Wednesday, April 6, 2016

The Courage To Testify


The Courage To Testify

THURSDAY, Easter week two:


The Responsorial Psalm tells us: “The Lord hears the cry of the poor” (Psalm 34). He pours out on them his Spirit and bears witness through them.

Acts 5: 27-33 shows us the Apostles—ordinary, weak men without any human power or resources—standing up to the highest authority in Israel, the Sanhedrin (council of seventy-one elders, chief priests and scribes, presided over by the high priest). Their strength came from the certitude of their faith about two things: 1. God had raised Jesus from the dead and “exalted him… as leader and Savior.” 2. They were doing God’s will: “We must obey God rather than any human authority.” Ultimately, this is where our own strength comes from as we try to live the Christian life. Other things may motivate us more consciously or immediately. But this is the rock-bottom foundation of our courage, and we need to be aware of it.

What was God’s will for the Apostles that they were so sure about? It was to bear witness: “We are witnesses of these things.” They had to bear witness because they were witnesses. Even in civil law, people who know something about a case being tried are obliged to testify; it is their duty. Does that oblige us to testify to Christ?

But are we witnesses? We did not see Jesus rise. What makes us able to testify to him?

The Apostles said that they were bearing witness along with “the Holy Spirit, whom God has given to those who obey him.” What we are witnesses to is the certitude the Holy Spirit has given us: the certitude of faith: the greatest certitude there is.

Faith is vision. St. Paul said, “At present we see indistinctly [or “darkly”], as in a mirror” (1 Corinthians 13:12), but we see. We don’t imagine, guess, speculate, simply accept what others have told us or just draw conclusions from rational arguments. We see. Faith is an act of sharing in God’s own act of knowing. It is the gift of knowing with the certitude of vision without the experience of seeing in a human way.

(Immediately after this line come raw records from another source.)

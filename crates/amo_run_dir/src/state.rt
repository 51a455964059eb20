//! The lines that a run knows: its file `jobs`.
ghost use Rattle.std.specs.Prelude.{◌≡◌, true, false, IfErr, IfOk, OnOk};
ghost use Rattle.amo_run_log.specs.Texts.{ended};
ghost use Rattle.amo_run_files.specs.Lines.{lines_in};
ghost use Rattle.amo_run_files.specs.Refusals.{IsTaken};
ghost use Rattle.amo_run_dir.specs.Known.{counts_jobs, IsWhyUncounted, IsWhyUnknown};

use crate::files::bytes_of;
use amo_run_faults::{Fault, Item, Setting};
use amo_run_files::{HashedJobs, Jobs, JobsFault, RoundFile};
use amo_run_journals::extent_in;
use amo_system_calls::SystemCalls;
use std::alloc::{AllocError, Global};

/// Returns the lines that the run knows. `last` is the file of the last round, which the caller has
/// read before.
///
/// # Errors
/// `Missing` if they aren't there and a round was begun. `Refused` if they don't begin with what
/// they were when that round began, or if they are no lines.
pub fn known<S: SystemCalls>(
    system: &mut S,
    setting: &Setting<'_>,
    last: Option<&RoundFile>,
) -> Result<Jobs, Fault> {
    let bytes = match (bytes_of(system, setting, Item::Known)?, last) {
        (Some(bytes), _) => bytes,
        (None, None) => Vec::new(system.alloc()),
        (None, Some(_)) => return Err(Fault::Missing(Item::Known)),
    };
    if !is_as_counted(&bytes, last) {
        return Err(Fault::Refused(Item::Known));
    }
    match Jobs::read(system.alloc(), bytes, false) {
        Ok(jobs) => Ok(jobs),
        Err(JobsFault::Memory) => Err(Fault::Memory),
        Err(JobsFault::Refused(..)) => Err(Fault::Refused(Item::Known)),
    }
}

/// Reads the lines that the run knows again, once a round was begun. `last` is the file of the last
/// round, which the caller has read before. Lines that `jobs` has already are compared with the
/// file's, and neither checked nor hashed again.
///
/// # Errors
/// `Missing` if they aren't there. `Refused` if they don't begin with what they were when that
/// round began, or if they are no lines.
pub fn known_again<S: SystemCalls>(
    system: &mut S,
    setting: &Setting<'_>,
    last: &RoundFile,
    jobs: &mut HashedJobs,
) -> Result<(), Fault> {
    match bytes_of(system, setting, Item::Known)? {
        Some(bytes) => take_known(system.alloc(), jobs, bytes, last),
        None => Err(Fault::Missing(Item::Known)),
    }
}

/// Takes the bytes of the file `jobs`. `last` is the file of the last round.
fn take_known(
    alloc: Global,
    jobs: &mut HashedJobs,
    bytes: Vec<u8>,
    last: &RoundFile,
) -> Result<(), Fault>
    // The jobs are the lines of the file, all of it, and it begins with what that round counts.
    ensures lines { OnOk result (jobs.new ≡ lines_in bytes.items) }
    ensures whole { OnOk result (ended jobs.new ≡ bytes.items) }
    ensures taken { OnOk result (IsTaken bytes.items false) }
    ensures counted { OnOk result (counts_jobs last.now.extents.items bytes.items ≡ true) }
    ensures refused { IfErr result (λ fault. IsWhyUnknown fault last.now.extents.items bytes.items) }
{
    match jobs.read_again(alloc, bytes, false) {
        Ok(()) => check_counted(jobs, last),
        Err(JobsFault::Memory) => Err(Fault::Memory),
        Err(JobsFault::Refused(..)) => Err(Fault::Refused(Item::Known)),
    }
}

/// Refuses jobs that don't begin with those that this round counts.
fn check_counted(jobs: &mut HashedJobs, last: &RoundFile) -> Result<(), Fault>
    ensures counted { OnOk result (counts_jobs last.now.extents.items (ended jobs.old) ≡ true) }
    ensures refused { IfErr result (λ fault. IsWhyUncounted fault last.now.extents.items (ended jobs.old)) }
    ensures same { jobs.new ≡ jobs.old }
{
    if has_lines_of(jobs, last)? {
        Ok(())
    } else {
        Err(Fault::Refused(Item::Known))
    }
}

/// Returns true if these lines begin with those that the run knew when this round began. They were
/// read before, so the file `jobs` needs no other look.
///
/// # Errors
/// `AllocError` if there was no memory.
fn has_lines_of(jobs: &mut HashedJobs, round: &RoundFile) -> Result<bool, AllocError>
    ensures exact { IfOk result (λ has. has ≡ counts_jobs round.now.extents.items (ended jobs.old)) }
    ensures same { jobs.new ≡ jobs.old }
{
    match extent_in(&round.extents, b"jobs") {
        Some(extent) => jobs.begin_with(extent),
        None => Ok(false),
    }
}

/// Returns true if the lines begin with those of the last round, if there was one.
fn is_as_counted(bytes: &[u8], last: Option<&RoundFile>) -> bool {
    let Some(last) = last else {
        return true;
    };
    match extent_in(&last.extents, b"jobs") {
        Some(extent) => extent.is_front_of(bytes),
        None => false,
    }
}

We see in a divine way. John 3: 31-36 insists on the contrast between “the one who comes from above” and “the one who is of earth.” The one from above—Jesus—“testifies to what he has seen and heard.” And those who accept his testimony “see” the truth with him and in him, as members of his body, through the gift of the Spirit. The experience of grace is the source and foundation of all Christian witness. We need to get in touch with our experience of the Spirit by living according to his inspirations.

Begin by taking God’s words seriously. The rest will follow. “The Lord hears the cry of the poor.



Initiative: Be a prophet. Live divinely. Act on what you see by the light of faith.